Task statement:
Repeat exactly what appears from the opening line of the listing to the line with "which come next.", inclusive.
[Listed records Boundary: Start]
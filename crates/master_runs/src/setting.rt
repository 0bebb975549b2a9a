//! The limit of a journal and the weights of coflows, which the first line of a list says.
ghost use Rattle.std.specs.Prelude.{◌≡◌, ◌≤◌, All, IfOk, IfSome, vec_len};
ghost use Rattle.coflow_units.specs.declared.limits.TheConstants.{MAX_WEIGHT};

use crate::fault::ListFault;
use crate::line::{index, number};
use coflow_units::MAX_WEIGHT;
use std::alloc::Global;
use text_fields::Fields;

/// The greatest limit of a journal, in entries.
pub const MAX_LIMIT: u32 = 8_388_608;

/// The limit of a journal, and the weights of the coflows.
#[derive(Drop)]
pub struct Setting {
    pub limit: u32,
    pub weights: Vec<u64>,
}

/// The limit and so many weights, which come next in the first line. The error is the first of them that is wanting or
/// out of range, or want of memory.
pub fn setting_of(
    alloc: Global,
    coflows: u32,
    fields: &mut Fields<'_>,
) -> Result<Setting, ListFault>
    ensures limit { IfOk result (λ s. (1 ≤ s.limit) × (s.limit ≤ MAX_LIMIT)) }
    ensures count { IfOk result (λ s. vec_len s.weights ≡ coflows) }
    ensures weights { IfOk result (λ s. All (λ w. (1 ≤ w) × (w ≤ MAX_WEIGHT)) s.weights.items) }
{
    let Some(limit) = index(fields) else {
        return Err(ListFault::Line(1));
    };
    if limit < 1 {
        return Err(ListFault::Line(1));
    }
    if limit > MAX_LIMIT {
        return Err(ListFault::Line(1));
    }
    let weights = weights_of(alloc, coflows, fields)?;
    Ok(Setting { limit, weights })
}

/// So many weights, which come next.
fn weights_of(alloc: Global, coflows: u32, fields: &mut Fields<'_>) -> Result<Vec<u64>, ListFault>
    ensures len { IfOk result (λ weights. vec_len weights ≡ coflows) }
    ensures fit { IfOk result (λ weights. All (λ w. (1 ≤ w) × (w ≤ MAX_WEIGHT)) weights.items) }
{
    let mut weights = Vec::new(alloc);
    for coflow in 0..coflows {
        let Some(weight) = weight(fields) else {
            return Err(ListFault::Weight(coflow));
        };
        weights.push(weight)?;
    }
    Ok(weights)
}

/// The weight that comes next, from 1 to 2^32.
fn weight(fields: &mut Fields<'_>) -> Option<u64>
    ensures some { IfSome result (λ w. 1 ≤ w) }
    ensures most { IfSome result (λ w. w ≤ MAX_WEIGHT) }
{
    let weight = number(fields)?;
    if weight < 1 {
        return None;
    }
    if weight > MAX_WEIGHT {
        return None;
    }
    Some(weight)
}
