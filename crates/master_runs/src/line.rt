//! What a line of a list says.
ghost use Rattle.std.specs.Prelude.{◌≡◌, OnOk, length};
ghost use Rattle.text_fields.specs.Fields.{field_at};
ghost use Rattle.text_fields.specs.Lines.{without_first};
ghost use Rattle.text_fields.specs.Numbers.{IsNumberOf};

use crate::fault::ListFault;
use master_core::Command;
use std::str;
use text_fields::{Fields, number_of};
use world_model::Event;

/// What a line of a list says.
#[derive(Clone, Copy)]
pub enum Said {
    /// To print what is told.
    Tell,
    /// To take this step. A command is that of a caller who asks it.
    Step(Event),
}

/// What the line says. The error is the number of a line that says nothing.
pub fn said_of(fields: &mut Fields<'_>) -> Result<Said, ListFault>
    ensures end { OnOk result (length fields.new.texts ≡ 0) }
{
    let line = fields.line();
    let said = said_first(fields);
    match said {
        Some(said) if fields.is_done() => Ok(said),
        _ => Err(ListFault::Line(line)),
    }
}

/// The word of the next field. It is empty where no field is left, or where it is not UTF-8.
pub fn word<'a>(fields: &mut Fields<'a>) -> &'a str
    ensures left { fields.new ≡ without_first fields.old }
{
    str::from_utf8(fields.next()).unwrap_or("")
}

/// The number of the next field. A greater one than 2^64 - 1 is read as that.
pub(crate) fn number(fields: &mut Fields<'_>) -> Option<u64>
    ensures number { IsNumberOf (field_at fields.old.texts 0) result }
    ensures left { fields.new ≡ without_first fields.old }
{
    number_of(fields.next())
}

/// The number of the next field, below 2^32.
pub fn index(fields: &mut Fields<'_>) -> Option<u32>
    ensures left { fields.new ≡ without_first fields.old }
{
    u32::try_from(number(fields)?).ok()
}

/// What the first fields of the line say.
fn said_first(fields: &mut Fields<'_>) -> Option<Said> {
    let first = fields.next();
    if let Some(who) = number_of(first) {
        return asked(who, fields);
    }
    match str::from_utf8(first).ok()? {
        "tell" => Some(Said::Tell),
        name => Some(Said::Step(event(name, fields)?)),
    }
}

/// The caller with this number asks the command that the next fields spell.
fn asked(who: u64, fields: &mut Fields<'_>) -> Option<Said> {
    let who = u32::try_from(who).ok()?;
    let command = command(fields)?;
    Some(Said::Step(Event::Ask { who, command }))
}

/// The command that the next fields spell.
fn command(fields: &mut Fields<'_>) -> Option<Command> {
    match word(fields) {
        "publish" => Some(Command::Publish),
        "close" => Some(Command::Close),
        "open" => Some(Command::Open(number(fields)?)),
        "skip" => Some(Command::Skip(number(fields)?)),
        name => command_of(name, index(fields)?, fields),
    }
}

/// The command with this name, of a coflow or of a port; the next field spells its other number.
fn command_of(name: &str, of: u32, fields: &mut Fields<'_>) -> Option<Command> {
    match name {
        "register" => Some(Command::Register(of)),
        "withdraw" => Some(Command::Withdraw(of)),
        "pull" => Some(Command::Pull(of)),
        "short" => Some(Command::Short(of, number(fields)?)),
        "reweigh" => Some(Command::Reweigh {
            coflow: of,
            weight: number(fields)?,
        }),
        _ => None,
    }
}

/// The step with this name, of an agent or of the driver of runs, whose numbers the next fields spell.
fn event(name: &str, fields: &mut Fields<'_>) -> Option<Event> {
    if name == "close" {
        return Some(Event::Close);
    }
    let first = index(fields)?;
    match name {
        "post" => Some(Event::Post { port: first }),
        "settle" => Some(Event::Settle { port: first }),
        "note" => Some(Event::Note { port: first }),
        _ => agents_event(name, first, index(fields)?, fields),
    }
}

/// The step of an agent at a port with this name; the next field spells its units.
fn agents_event(name: &str, agent: u32, port: u32, fields: &mut Fields<'_>) -> Option<Event> {
    match name {
        "draw" => Some(Event::Draw { agent, port }),
        "report" => Some(Event::Report { agent, port }),
        "send" => Some(Event::Send {
            agent,
            port,
            units: number(fields)?,
        }),
        _ => None,
    }
}
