//! Masters and worlds that play the lines of a list.
ghost use Rattle.std.specs.Prelude.{◌≡◌};

use crate::fault::ListFault;
use crate::line::{Said, said_of};
use crate::stop::Stop;
use crate::telling::{tell_closed, tell_journal, tell_master, tell_sent, tell_world};
use coflow_units::NoMemory;
use journal::RunTally;
use master_core::{Command, Master};
use std::alloc::Global;
use std::io;
use text_fields::{Fields, Lines};
use world_model::{Event, World};

/// A master answers the commands of the lines.
pub fn play_master(
    rt: &HostRuntime,
    alloc: Global,
    master: &mut Master,
    lines: &mut Lines<'_>,
) -> Result<(), Stop>
    ensures opening { master.new.opening ≡ master.old.opening }
{
    let mut tally = RunTally::new(alloc);
    let played = play_lines(rt, alloc, master, &mut tally, lines);
    drop(tally);
    played
}

/// A master answers the commands of the lines, and the tally takes them down. Then what they tell is printed.
fn play_lines(
    rt: &HostRuntime,
    alloc: Global,
    master: &mut Master,
    tally: &mut RunTally,
    lines: &mut Lines<'_>,
) -> Result<(), Stop>
    ensures opening { master.new.opening ≡ master.old.opening }
{
    while let Some(mut fields) = lines.next() {
        play_line(rt, alloc, master, tally, &mut fields)?;
    }
    Ok(tell_played(rt, master, tally)?)
}

/// Prints what a master and its tally tell.
fn tell_played(rt: &HostRuntime, master: &Master, tally: &RunTally) -> io::Result<()> {
    tell_master(rt, master)?;
    tell_closed(rt, tally.closed())?;
    tell_journal(rt, master)
}

/// A master answers what a line says, and the tally takes it down.
fn play_line(
    rt: &HostRuntime,
    alloc: Global,
    master: &mut Master,
    tally: &mut RunTally,
    fields: &mut Fields<'_>,
) -> Result<(), Stop>
    ensures opening { master.new.opening ≡ master.old.opening }
{
    let line = fields.line();
    let said = said_of(fields)?;
    let entries = master.journal().len();
    answer(rt, master, line, said)?;
    Ok(take_down(alloc, tally, master, entries)?)
}

/// The tally takes down the entry of the journal at this place, where there is one.
fn take_down(
    alloc: Global,
    tally: &mut RunTally,
    master: &Master,
    place: usize,
) -> Result<(), NoMemory> {
    match master.journal().get(place) {
        Some(entry) => tally.take(
            alloc,
            *entry,
            master.table().flows(),
            master.granted_flows(),
        ),
        None => Ok(()),
    }
}

/// A master answers what the line with this number says.
fn answer(rt: &HostRuntime, master: &mut Master, line: u32, said: Said) -> Result<(), Stop>
    ensures opening { master.new.opening ≡ master.old.opening }
{
    match said {
        Said::Tell => Ok(tell_master(rt, master)?),
        Said::Step(Event::Ask { who, command }) => Ok(ask(rt, master, who, command)?),
        Said::Step(_) => Err(Stop::List(ListFault::Line(line))),
    }
}

/// Asks a command that is in range, and prints the reply.
fn ask(rt: &HostRuntime, master: &mut Master, who: u32, command: Command) -> io::Result<()>
    ensures opening { master.new.opening ≡ master.old.opening }
{
    if !master.is_in_range(command) {
        return println!(rt; "out of range");
    }
    let reply = master.step(who, command);
    println!(rt; "{reply:?}")
}

/// A world takes the steps of the lines.
pub(crate) fn play_world(
    rt: &HostRuntime,
    world: &mut World,
    lines: &mut Lines<'_>,
) -> Result<(), Stop> {
    while let Some(mut fields) = lines.next() {
        let said = said_of(&mut fields)?;
        take(rt, world, said)?;
    }
    Ok(tell_end(rt, world)?)
}

/// A world does what a line says.
fn take(rt: &HostRuntime, world: &mut World, said: Said) -> io::Result<()> {
    match said {
        Said::Tell => tell_world(rt, world),
        Said::Step(event) => {
            let happened = world.step(event);
            println!(rt; "{happened:?}")
        }
    }
}

/// Prints all that a world tells.
fn tell_end(rt: &HostRuntime, world: &World) -> io::Result<()> {
    tell_world(rt, world)?;
    tell_journal(rt, world.master())?;
    tell_sent(rt, world)
}
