//! Prints what masters and worlds tell.
use journal::{Credit, CreditedRun};
use master_core::Master;
use std::io;
use world_model::World;

/// Prints what a master tells, but for its journal.
pub(crate) fn tell_master(rt: &HostRuntime, master: &Master) -> io::Result<()> {
    tell_order(rt, master)?;
    tell_run(rt, master)?;
    tell_coflows(rt, master)?;
    tell_flows(rt, master)?;
    tell_ports(rt, master)
}

fn tell_order(rt: &HostRuntime, master: &Master) -> io::Result<()> {
    println!(rt; "version {}", master.version())?;
    println!(rt; "places {:?}", master.places())?;
    println!(rt; "ranks {:?}", master.ranks())
}

fn tell_run(rt: &HostRuntime, master: &Master) -> io::Result<()> {
    println!(rt;
        "next {} open {:?}",
        master.next_slot(),
        master.open_slots()
    )?;
    println!(rt; "granted {:?}", master.granted_flows())
}

fn tell_coflows(rt: &HostRuntime, master: &Master) -> io::Result<()> {
    for coflow in 0..master.table().coflows() {
        println!(rt;
            "coflow {} rank {} weight {}",
            coflow,
            master.rank(coflow),
            master.weight(coflow)
        )?;
    }
    Ok(())
}

fn tell_flows(rt: &HostRuntime, master: &Master) -> io::Result<()> {
    for flow in 0..master.table().flows().len() as u32 {
        println!(rt; "flow {} owes {}", flow, master.owed(flow))?;
    }
    Ok(())
}

fn tell_ports(rt: &HostRuntime, master: &Master) -> io::Result<()> {
    for port in 0..master.table().ports() {
        println!(rt;
            "ingress {} granted {:?} noted {:?}",
            port,
            master.granted(port),
            master.noted(port)
        )?;
    }
    Ok(())
}

/// Prints closed runs: the first slot and the number of slots of each, and what it credits to each flow that it
/// granted.
pub(crate) fn tell_closed(rt: &HostRuntime, runs: &[CreditedRun]) -> io::Result<()> {
    for run in runs {
        println!(rt; "closed {} {}", run.first, run.slots)?;
        tell_credits(rt, run.credits.as_slice())?;
    }
    Ok(())
}

fn tell_credits(rt: &HostRuntime, credits: &[Credit]) -> io::Result<()> {
    for credit in credits {
        println!(rt;
            "credit {} {} {}",
            credit.flow, credit.ingress, credit.units
        )?;
    }
    Ok(())
}

/// Prints the entries of a master's journal.
pub(crate) fn tell_journal(rt: &HostRuntime, master: &Master) -> io::Result<()> {
    for entry in master.journal() {
        println!(rt; "entry {} {:?} {:?}", entry.who, entry.command, entry.reply)?;
    }
    Ok(())
}

/// Prints what a world tells, but for the journal and the runs that were sent.
pub(crate) fn tell_world(rt: &HostRuntime, world: &World) -> io::Result<()> {
    tell_master(rt, world.master())?;
    println!(rt; "agents {}", world.agents())?;
    for port in 0..world.master().table().ports() {
        println!(rt; "port {} {:?}", port, world.port(port))?;
    }
    Ok(())
}

/// Prints the runs that the agents of a world sent.
pub(crate) fn tell_sent(rt: &HostRuntime, world: &World) -> io::Result<()> {
    for run in world.sent() {
        println!(rt; "{:?}", run)?;
    }
    Ok(())
}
[Listed records Boundary: End]
Your response:
filename crates/master_runs/src/setting.rt
repository 0bebb975549b2a9a
//! The limit of a journal and the weights of coflows, which the first line of a list says.
ghost use Rattle.std.specs.Prelude.{◌≡◌, ◌≤◌, All, IfOk, IfSome, vec_len};
ghost use Rattle.coflow_units.specs.declared.limits.TheConstants.{MAX_WEIGHT};

use crate::fault::ListFault;
use crate::line::{index, number};
use coflow_units::MAX_WEIGHT;
use std::alloc::Global;
use text_fields::Fields;

/// The greatest limit of a journal, in entries.
pub const MAX_LIMIT: u32 = 8_388_608;

/// The limit of a journal, and the weights of the coflows.
#[derive(Drop)]
pub struct Setting {
    pub limit: u32,
    pub weights: Vec<u64>,
}

/// The limit and so many weights, which come next in the first line. The error is the first of them that is wanting or
/// out of range, or want of memory.
pub fn setting_of(
    alloc: Global,
    coflows: u32,
    fields: &mut Fields<'_>,
) -> Result<Setting, ListFault>
    ensures limit { IfOk result (λ s. (1 ≤ s.limit) × (s.limit ≤ MAX_LIMIT)) }
    ensures count { IfOk result (λ s. vec_len s.weights ≡ coflows) }
    ensures weights { IfOk result (λ s. All (λ w. (1 ≤ w) × (w ≤ MAX_WEIGHT)) s.weights.items) }
{
    let Some(limit) = index(fields) else {
        return Err(ListFault::Line(1));
    };
    if limit < 1 {
        return Err(ListFault::Line(1));
    }
    if limit > MAX_LIMIT {
        return Err(ListFault::Line(1));
    }
    let weights = weights_of(alloc, coflows, fields)?;
    Ok(Setting { limit, weights })
}

/// So many weights, which come next.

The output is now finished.